◆ WHAT THIS TASK INVOLVES:
When you reach the line in the data below that contains "accepted; 3 where", please start repeating lines exactly, and stop after the line that contains "fn nothing_ran(alloc: Global, end: CommandEnd)", repeating nothing else.

::: DATASET :::

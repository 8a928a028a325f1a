#![tactic(auto, unfolding(p9_manual::specs::Threads::asked))]

ghost use Rattle.std.specs.Prelude.{◌≡◌, true};
ghost use Rattle.p9_word.specs.declared.request.ThreadReq.TheVariants as ask;
ghost use Rattle.p9_word.specs.declared.setup.Setup.{Setup};
ghost use Rattle.p9_manual.specs.State.{by_id};
ghost use Rattle.p9_manual.specs.Threads.{is_no_name};
ghost use Rattle.p9_sched.specs.Messages.{IsBare, IsOfReply};
ghost use Rattle.p9_sched.specs.Schedule.{IsMade, name_of};
ghost use Rattle.p9_sched.specs.Turns.{place_of};
ghost use Rattle.p9_thread_calls.specs.Memory.{message_of};
ghost use Rattle.p9_thread_calls.specs.Serves.{ServesRequest};

use crate::spares::Spare;
use p9_sched::{Place, Sched};
use p9_word::limits::MOST_NAME_BYTES;
use p9_word::{Answer, Msg, Reply, Tid};

/// Lets the other ready threads run first.
pub(crate) fn give_way(sched: &mut Sched, t: Tid) -> Reply
    requires { place_of (by_id sched.old.threads t) ≡ Place.Running }
    ensures serves { (setup : Setup) → ServesRequest setup t ask.Yield sched.old result sched.new }
    ensures bare { IsBare result }
{
    sched.ready(t, Answer::Done);
    Reply::Waits
}

/// The caller's id.
pub(crate) fn tell_id(sched: &Sched, t: Tid) -> Reply
    ensures serves { (setup : Setup) → ServesRequest setup t ask.ThreadId sched.now result sched.now }
    ensures bare { IsBare result }
{
    let _ = sched;
    Reply::Now(Answer::Number(u64::from(t)))
}

/// The proc of a thread, also of one that has ended.
pub(crate) fn tell_proc(sched: &Sched, t: Tid, u: Tid) -> Reply
    ensures serves { (setup : Setup) → ServesRequest setup t (ask.ThreadPid u) sched.now result sched.now }
    ensures bare { IsBare result }
{
    let _ = t;
    if sched.is_made(u) {
        Reply::Now(Answer::Number(u64::from(sched.proc_of(u))))
    } else {
        Reply::Now(Answer::Bad)
    }
}

/// The caller's group.
pub(crate) fn tell_group(sched: &Sched, t: Tid) -> Reply
    requires { IsMade t sched.now }
    ensures serves { (setup : Setup) → ServesRequest setup t ask.ThreadGetGrp sched.now result sched.now }
    ensures bare { IsBare result }
{
    Reply::Now(Answer::Number(u64::from(sched.group(t))))
}

/// Puts the caller into a group, and tells its old one.
pub(crate) fn join_group(sched: &mut Sched, t: Tid, group: u32) -> Reply
    requires made { IsMade t sched.old }
    requires room { sched.old.rooms.group ≡ true }
    ensures serves { (setup : Setup) → ServesRequest setup t (ask.ThreadSetGrp group) sched.old result sched.new }
    ensures bare { IsBare result }
{
    let old = sched.group(t);
    sched.set_group(t, group);
    Reply::Now(Answer::Number(u64::from(old)))
}

/// Whether a name has no bytes or too many.
fn is_no_name(name: &Msg) -> bool
    ensures { result ≡ is_no_name name.now }
{
    let len = name.as_slice().len();
    len == 0 || len > MOST_NAME_BYTES
}

/// Gives the caller a name.
pub(crate) fn set_name(sched: &mut Sched, t: Tid, name: Msg) -> Reply
    requires made { IsMade t sched.old }
    requires room { sched.old.rooms.name ≡ true }
    ensures serves { (setup : Setup) → ServesRequest setup t (ask.ThreadSetName name) sched.old result sched.new }
    ensures bare { IsBare result }
{
    if is_no_name(&name) {
        return Reply::Now(Answer::Bad);
    }
    sched.set_name(t, name);
    Reply::Now(Answer::Done)
}

/// The caller's name, of which this is a copy.
pub(crate) fn tell_name(sched: &Sched, t: Tid, spare: Spare) -> Reply
    requires { spare ≡ Spare.Name (name_of (by_id sched.now.threads t)) }
    ensures serves { (setup : Setup) → ServesRequest setup t ask.ThreadGetName sched.now result sched.now }
    ensures told { IsOfReply result (message_of spare) }
{
    let _ = sched;
    let _ = t;
    match spare {
        Spare::Name(name) => Reply::Now(Answer::Text(name)),
        Spare::Nothing => unreachable!(),
    }
}

/// The caller's word.
pub(crate) fn tell_word(sched: &Sched, t: Tid) -> Reply
    requires { IsMade t sched.now }
    ensures serves { (setup : Setup) → ServesRequest setup t ask.ThreadWord sched.now result sched.now }
    ensures bare { IsBare result }
{
    Reply::Now(Answer::Number(sched.word(t)))
}

/// Sets the caller's word.
pub(crate) fn set_word(sched: &mut Sched, t: Tid, word: u64) -> Reply
    requires { IsMade t sched.old }
    ensures serves { (setup : Setup) → ServesRequest setup t (ask.ThreadSetWord word) sched.old result sched.new }
    ensures bare { IsBare result }
{
    sched.set_word(t, word);
    Reply::Now(Answer::Done)
}

/// The word of the caller's proc.
pub(crate) fn tell_proc_word(sched: &Sched, t: Tid) -> Reply
    requires { IsMade t sched.now }
    ensures serves { (setup : Setup) → ServesRequest setup t ask.ProcWord sched.now result sched.now }
    ensures bare { IsBare result }
{
    Reply::Now(Answer::Number(sched.proc_word(sched.proc_of(t))))
}

/// Sets the word of the caller's proc.
pub(crate) fn set_proc_word(sched: &mut Sched, t: Tid, word: u64) -> Reply
    requires { IsMade t sched.old }
    ensures serves { (setup : Setup) → ServesRequest setup t (ask.ProcSetWord word) sched.old result sched.new }
    ensures bare { IsBare result }
{
    sched.set_proc_word(sched.proc_of(t), word);
    Reply::Now(Answer::Done)
}
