#![tactic(auto, unfolding(p9_manual::specs::Threads::asked))]

ghost use Rattle.std.specs.Prelude.{◌≡◌, true};
ghost use Rattle.p9_word.specs.declared.request.ThreadReq.TheVariants as ask;
ghost use Rattle.p9_manual.specs.Create.{is_no_program};
ghost use Rattle.p9_manual.specs.State.{by_id};
ghost use Rattle.p9_sched.specs.Messages.{IsBare};
ghost use Rattle.p9_sched.specs.Turns.{place_of};
ghost use Rattle.p9_thread_calls.specs.Serves.{ServesRequest};

use p9_sched::{Place, Sched};
use p9_word::{Answer, Reply, Setup, Tid};

/// Whether the setup has no such program.
fn is_no_program(setup: &Setup, program: u32) -> bool
    ensures { result ≡ is_no_program setup.now program }
{
    program == 0 || program > setup.programs
}

/// Makes a thread in the caller's proc and group.
pub(crate) fn create_thread(
    sched: &mut Sched,
    setup: &Setup,
    t: Tid,
    program: u32,
    arg: u64,
) -> Reply
    requires runs { place_of (by_id sched.old.threads t) ≡ Place.Running }
    requires room { sched.old.rooms.thread ≡ true }
    ensures serves { ServesRequest setup.now t (ask.ThreadCreate program arg) sched.old result sched.new }
    ensures bare { IsBare result }
{
    if is_no_program(setup, program) {
        return Reply::Now(Answer::Bad);
    }
    match sched.make_thread(sched.proc_of(t), program, arg, sched.group(t)) {
        Some(made) => Reply::Now(Answer::Number(u64::from(made))),
        None => Reply::Now(Answer::Minus),
    }
}

/// Opens the next proc place with a thread in the caller's group. The caller stands behind it.
pub(crate) fn create_proc(sched: &mut Sched, setup: &Setup, t: Tid, program: u32, arg: u64) -> Reply
    requires runs { place_of (by_id sched.old.threads t) ≡ Place.Running }
    requires room { sched.old.rooms.thread ≡ true }
    ensures serves { ServesRequest setup.now t (ask.ProcCreate program arg) sched.old result sched.new }
    ensures bare { IsBare result }
{
    if is_no_program(setup, program) {
        return Reply::Now(Answer::Bad);
    }
    match sched.make_proc(program, arg, sched.group(t)) {
        Some(made) => {
            sched.ready(t, Answer::Number(u64::from(made)));
            Reply::Waits
        }
        None => Reply::Now(Answer::Minus),
    }
}
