ghost use Rattle.std.specs.Prelude.{◌≡◌, false};
ghost use Rattle.p9_manual.specs.State.{by_id};
ghost use Rattle.p9_manual.specs.Threads.{thread_call};
ghost use Rattle.p9_sched.specs.Messages.{IsOfReply};
ghost use Rattle.p9_sched.specs.Turns.{place_of};
ghost use Rattle.p9_thread_calls.specs.Memory.{HasMemory, message_of};
ghost use Rattle.p9_thread_calls.specs.Serves.{ServesAll, ServesRequest, ends_threads};

use crate::create::{create_proc, create_thread};
use crate::spares::Spare;
use crate::values::{
    give_way, join_group, set_name, set_proc_word, set_word, tell_group, tell_id, tell_name,
    tell_proc, tell_proc_word, tell_word,
};
use p9_sched::{Place, Sched};
use p9_word::{Reply, Setup, ThreadReq, Tid};

/// Each request by its own function.
fn asked(sched: &mut Sched, setup: &Setup, t: Tid, request: ThreadReq, spare: Spare) -> Reply
    requires runs { place_of (by_id sched.old.threads t) ≡ Place.Running }
    requires ends_none { ends_threads request ≡ false }
    requires memory { HasMemory request t sched.old spare }
    ensures serves { ServesRequest setup.now t request sched.old result sched.new }
    ensures told { IsOfReply result (message_of spare) }
{
    match request {
        ThreadReq::ThreadCreate { program, arg } => create_thread(sched, setup, t, program, arg),
        ThreadReq::ProcCreate { program, arg } => create_proc(sched, setup, t, program, arg),
        ThreadReq::ThreadExits { .. } => unreachable!(),
        ThreadReq::ThreadExitsAll { .. } => unreachable!(),
        ThreadReq::Yield => give_way(sched, t),
        ThreadReq::ThreadId => tell_id(sched, t),
        ThreadReq::ThreadPid { tid } => tell_proc(sched, t, tid),
        ThreadReq::ThreadGetGrp => tell_group(sched, t),
        ThreadReq::ThreadSetGrp { group } => join_group(sched, t, group),
        ThreadReq::ThreadSetName { name } => set_name(sched, t, name),
        ThreadReq::ThreadGetName => tell_name(sched, t, spare),
        ThreadReq::ThreadWord => tell_word(sched, t),
        ThreadReq::ThreadSetWord { word } => set_word(sched, t, word),
        ThreadReq::ProcWord => tell_proc_word(sched, t),
        ThreadReq::ProcSetWord { word } => set_proc_word(sched, t, word),
    }
}

/// A request on threads of thread t, which runs. `spare` is what [`reserve`](crate::reserve) gave for it.
pub fn call(sched: &mut Sched, setup: &Setup, t: Tid, request: ThreadReq, spare: Spare) -> Reply
    requires runs { place_of (by_id sched.old.threads t) ≡ Place.Running }
    requires ends_none { ends_threads request ≡ false }
    requires memory { HasMemory request t sched.old spare }
    ensures serves { ServesAll setup.now (thread_call setup.now t request) sched.old result sched.new }
    ensures told { IsOfReply result (message_of spare) }
{
    asked(sched, setup, t, request, spare)
}
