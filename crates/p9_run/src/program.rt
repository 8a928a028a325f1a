ghost use Rattle.std.specs.Prelude.{◌≡◌, ◌⊎◌, [], map, string_bytes};
ghost use Rattle.p9_run.specs.CopyEnd.{IsCopyTrail};
ghost use Rattle.p9_run.specs.Ended.{CopyEnded, TextEnded, FileEnded, WordsEnded, EndCounted, AnswersOn};
ghost use Rattle.p9_run.specs.PipeMain.{IsCall};
ghost use Rattle.p9_run.specs.declared.report.CommandEnd.TheVariants.{Memory};

use crate::command::command;
use crate::copy_files::{Copied, copy_files, no_trail};
use crate::copy_text::CopyPaths;
use crate::file_text::{TextFault, accept, read_file};
use crate::report::{CommandEnd, FileFault, memory_line, messages, status};
use p9_outside::laws::untold_reads_are_full;
use p9_outside::{Files, Sink, Source, drain};
use p9_word::{Msg, NoMemory, Trail};
use std::alloc::Global;
use std::sync::Wait;
use std::thread::Threads;

/// What a call of the program came to.
#[derive(Drop)]
pub struct Outcome<I, O> {
    /// The exit status: 0; 1 where a file failed; 2 where the words or the text aren't accepted; 3 where
    /// the run is stuck; 4 where memory was wanted. The first of 4, 2, 3, 1 and 0 that holds.
    pub status: u8,
    /// All that happened in the run. It is empty where nothing was run.
    pub trail: Trail,
    /// Standard input, which a copy leaves as it was.
    pub input: I,
    /// Standard output, which a copy leaves as it was.
    pub out: O,
}

/// What a command came to, and its trail.
#[derive(Drop)]
struct Ended {
    end: CommandEnd,
    trail: Trail,
}

/// An end before anything was run.
fn nothing_ran(alloc: Global, end: CommandEnd) -> Ended
    ensures end { result.end ≡ end }
    ensures trail { IsCopyTrail result.trail }
    ensures empty { result.trail.entries.items ≡ [] }
{
    Ended {
        end,
        trail: no_trail(alloc),
    }
}

/// Runs the text of a copy with these paths.
fn run_copy<R: Wait, F: Files>(rt: &R, alloc: Global, files: &mut F, paths: CopyPaths) -> Ended
    ensures trail { IsCopyTrail result.trail }
    ensures came { CopyEnded F.contents files.old files.new paths.from paths.to result }
    ensures counts { EndCounted F.faults files.old files.new result }
{
    let CopyPaths { from, to } = paths;
    let Copied { end, trail } = copy_files(rt, alloc, files, from.as_slice(), to.as_slice());
    match end {
        Ok(end) => Ended {
            end: CommandEnd::Ran { end, from, to },
            trail,
        },
        Err(NoMemory) => Ended {
            end: CommandEnd::Memory,
            trail,
        },
    }
}

/// Runs a text that was read from FILE.
fn run_text<R: Wait, F: Files>(
    rt: &R,
    alloc: Global,
    files: &mut F,
    file: Msg,
    text: &[u8],
) -> Ended
    ensures trail { IsCopyTrail result.trail }
    ensures came { TextEnded F.contents files.old files.new file text.now result }
    ensures counts { EndCounted F.faults files.old files.new result }
{
    untold_reads_are_full();
    match accept(alloc, text) {
        Ok(Some(paths)) => run_copy(rt, alloc, files, paths),
        Ok(None) => nothing_ran(alloc, CommandEnd::NotYet { file }),
        Err(NoMemory) => nothing_ran(alloc, CommandEnd::Memory),
    }
}

/// Reads FILE and runs its text.
fn run_file<R: Wait, F: Files>(rt: &R, alloc: Global, files: &mut F, file: Msg) -> Ended
    ensures trail { IsCopyTrail result.trail }
    ensures came { FileEnded F.contents files.old files.new file result }
    ensures counts { EndCounted F.faults files.old files.new result }
{
    let fault = match read_file(alloc, files, file.as_slice()) {
        Ok(text) => return run_text(rt, alloc, files, file, text.as_slice()),
        Err(TextFault::Memory) => return nothing_ran(alloc, CommandEnd::Memory),
        Err(TextFault::Open) => FileFault::Open,
        Err(TextFault::Read) => FileFault::Read,
    };
    nothing_ran(alloc, CommandEnd::FileFailed { file, fault })
}

/// Does what the words ask for.
fn run_words<R: Wait, F: Files>(rt: &R, alloc: Global, words: &Vec<String>, files: &mut F) -> Ended
    ensures trail { IsCopyTrail result.trail }
    ensures came { WordsEnded F.contents files.old files.new (map string_bytes words.now.items) result }
    ensures counts { EndCounted F.faults files.old files.new result }
{
    let Some(file) = command(words) else {
        return nothing_ran(alloc, CommandEnd::Usage);
    };
    match Msg::from_slice(alloc, file.as_bytes()) {
        Ok(file) => run_file(rt, alloc, files, file),
        Err(NoMemory) => nothing_ran(alloc, CommandEnd::Memory),
    }
}

/// Tells what a command came to, and answers the status. Where there is no memory for the messages, that
/// is told in their place.
fn tell<E: Sink>(alloc: Global, end: &CommandEnd, err: &mut E) -> u8
    ensures { AnswersOn E.held E.faults err.old err.new end.now result ⊎ AnswersOn E.held E.faults err.old err.new Memory result }
{
    match messages(alloc, end) {
        Ok(text) => {
            drain(err, text.as_slice());
            status(end)
        }
        Err(NoMemory) => {
            drain(err, memory_line());
            4
        }
    }
}

/// Does what the words of the command line ask for, and tells on `err` what failed. `main` calls it with
/// the words after the program's name, and does nothing else.
///
/// `run FILE` reads the text FILE and runs it. Every other list of words is told as a fault of usage.
pub fn pipe_main<
    R: Threads + Wait + Sync,
    F: Files,
    I: Source + Send + Drop,
    O: Sink + Send + Drop,
    E: Sink,
>(
    rt: &R,
    alloc: Global,
    words: &Vec<String>,
    files: &mut F,
    input: I,
    out: O,
    err: &mut E,
) -> Outcome<I, O>
    ensures trail { IsCopyTrail result.trail }
    ensures call { IsCall (map string_bytes words.now.items) (F.contents files.old) (F.contents files.new)
        (F.faults files.old) (F.faults files.new) result.trail.entries.items
        (E.held err.old) (E.held err.new) (E.faults err.old) (E.faults err.new) result.status }
    ensures input { result.input ≡ input }
    ensures out { result.out ≡ out }
{
    let Ended { end, trail } = run_words(rt, alloc, words, files);
    let status = tell(alloc, &end, err);
    Outcome {
        status,
        trail,
        input,
        out,
    }
}
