ghost use Rattle.std.specs.Prelude.{◌≡◌, IfOk};
ghost use Rattle.p9_word.specs.Setup.{IsValid};
ghost use Rattle.p9_run.specs.CopySetup.{thread, copy_setup};

use p9_word::limits::BLOCK_BYTES;
use p9_word::{ChanSetup, Msg, NoMemory, Room, Seq, Setup, ThreadSetup};
use std::alloc::Global;

fn thread(alloc: Global, program: u32, name: &[u8]) -> Result<ThreadSetup, NoMemory>
    ensures { IfOk result (λ t. t ≡ thread program name.now) }
{
    Ok(ThreadSetup {
        proc_no: 1,
        program,
        arg: 0,
        name: Msg::from_slice(alloc, name)?,
    })
}

fn threads(alloc: Global) -> Result<Seq<ThreadSetup>, NoMemory>
    ensures { IfOk result (λ ts. ts ≡ copy_setup.threads) }
{
    let mut threads = Room::new(alloc);
    threads.reserve(2)?;
    threads.push(thread(alloc, 1, b"r")?);
    threads.push(thread(alloc, 2, b"w")?);
    Ok(threads.into_seq())
}

fn chans(alloc: Global) -> Result<Seq<ChanSetup>, NoMemory>
    ensures { IfOk result (λ cs. cs ≡ copy_setup.chans) }
{
    let mut chans = Room::new(alloc);
    chans.reserve(1)?;
    chans.push(ChanSetup {
        cap: 0,
        elsize: BLOCK_BYTES,
    });
    Ok(chans.into_seq())
}

/// What the run of a copy's text starts from: one proc with a reading and a writing thread, one channel
/// between them, and two files.
pub(crate) fn copy_setup(alloc: Global) -> Result<Setup, NoMemory>
    ensures setup { IfOk result (λ s. s ≡ copy_setup) }
    ensures valid { IfOk result (λ s. IsValid s) }
{
    Ok(Setup {
        places: 1,
        opened: 1,
        threads: threads(alloc)?,
        programs: 2,
        chans: chans(alloc)?,
        locks: 0,
        qlocks: 0,
        rwlocks: 0,
        rendezes: Seq::new(alloc),
        refs: Seq::new(alloc),
        files: 2,
        procs: 0,
        start: 42,
    })
}
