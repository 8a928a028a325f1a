ghost use Rattle.std.specs.Prelude.{◌≡◌, ◌≢◌, ◌↔◌, ◌++◌, [], IsTrue, ℕ, List, MatchOption, IfOk, take, drop};
ghost use Rattle.std.specs.List.{prefix_len};
ghost use Rattle.p9_run.specs.CopyText.{is_path_byte, copy_end, IsCopyText, IsNoCopyText};

use p9_word::{Msg, NoMemory};
use std::alloc::Global;

/// The paths of a copy's text.
#[derive(Drop)]
pub(crate) struct CopyPaths {
    /// The file that is read.
    pub(crate) from: Msg,
    /// The file that is written.
    pub(crate) to: Msg,
}

/// Whether a path may have this byte: an ASCII letter or digit, `.`, `/` or `_`.
fn is_path_byte(byte: u8) -> bool
    ensures { result ≡ is_path_byte byte }
{
    matches!(byte, b'A'..=b'Z' | b'a'..=b'z' | b'0'..=b'9' | b'.' | b'/' | b'_')
}

/// The bytes up to the first one that no path has, and what follows them.
fn split_path(text: &[u8]) -> (&[u8], &[u8])
    ensures path { result.0.now ≡ take (prefix_len is_path_byte text.now) text.now }
    ensures rest { result.1.now ≡ drop (prefix_len is_path_byte text.now) text.now }
{
    let mut len = 0;
    while len < text.len() && is_path_byte(text[len]) {
        len += 1;
    }
    text.split_at(len)
}

/// What follows `front` in a text that begins with it, else `None`.
fn after<'a>(text: &'a [u8], front: &[u8]) -> Option<&'a [u8]>
    ensures { MatchOption result ((rest : List ℕ) → text.now ≢ front.now ++ rest) (λ rest. text.now ≡ front.now ++ rest.now) }
{
    text.strip_prefix(front)
}

/// Whether a text ends as that of a copy does after its second path, and there are two paths that differ.
fn is_end(from: &[u8], to: &[u8], rest: &[u8]) -> bool
    ensures { IsTrue result ↔ ((rest.now ≡ copy_end) × (from.now ≢ []) × (to.now ≢ []) × (from.now ≢ to.now)) }
{
    rest == b"'\nchan a 0\nproc p\nthread r read i to a\nthread w write o from a\n".as_slice()
        && !from.is_empty()
        && !to.is_empty()
        && from != to
}

/// The two paths of a text that has a copy's lines, else `None`.
fn find_paths(text: &[u8]) -> Option<(&[u8], &[u8])>
    ensures { MatchOption result (IsNoCopyText text.now) (λ p. IsCopyText text.now p.0.now p.1.now) }
{
    let Some(rest) = after(text, b"file i in '") else {
        return None;
    };
    let (from, rest) = split_path(rest);
    let Some(rest) = after(rest, b"'\nfile o out '") else {
        return None;
    };
    let (to, rest) = split_path(rest);
    if is_end(from, to, rest) {
        Some((from, to))
    } else {
        None
    }
}

/// The paths of a text that copies one file to another, or `None` where it is no such text.
pub(crate) fn read_text(alloc: Global, text: &[u8]) -> Result<Option<CopyPaths>, NoMemory>
    ensures { IfOk result (λ paths. MatchOption paths (IsNoCopyText text.now) (λ p. IsCopyText text.now p.from p.to)) }
{
    match find_paths(text) {
        Some((from, to)) => Ok(Some(CopyPaths {
            from: Msg::from_slice(alloc, from)?,
            to: Msg::from_slice(alloc, to)?,
        })),
        None => Ok(None),
    }
}
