//! The top calls of p9pipe: the copy of one file by a reading and a writing thread.
#![tactic(auto)]

mod bodies;
mod command;
mod copy_files;
mod copy_programs;
mod copy_setup;
mod copy_text;
mod engine;
mod file_text;
mod io_turn;
mod machine_engine;
mod numbered;
mod proc_turn;
mod program;
mod reader;
mod report;
mod rounds;
mod run_files;
mod stage;
mod writer;

pub use program::{Outcome, pipe_main};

:::

◆ FINISHED TASK:
    /// The exit status: 0; 1 where a file failed; 2 where the words or the text aren't accepted; 3 where
    /// the run is stuck; 4 where memory was wanted. The first of 4, 2, 3, 1 and 0 that holds.
    pub status: u8,
    /// All that happened in the run. It is empty where nothing was run.
    pub trail: Trail,
    /// Standard input, which a copy leaves as it was.
    pub input: I,
    /// Standard output, which a copy leaves as it was.
    pub out: O,
}

/// What a command came to, and its trail.
#[derive(Drop)]
struct Ended {
    end: CommandEnd,
    trail: Trail,
}

/// An end before anything was run.
fn nothing_ran(alloc: Global, end: CommandEnd) -> Ended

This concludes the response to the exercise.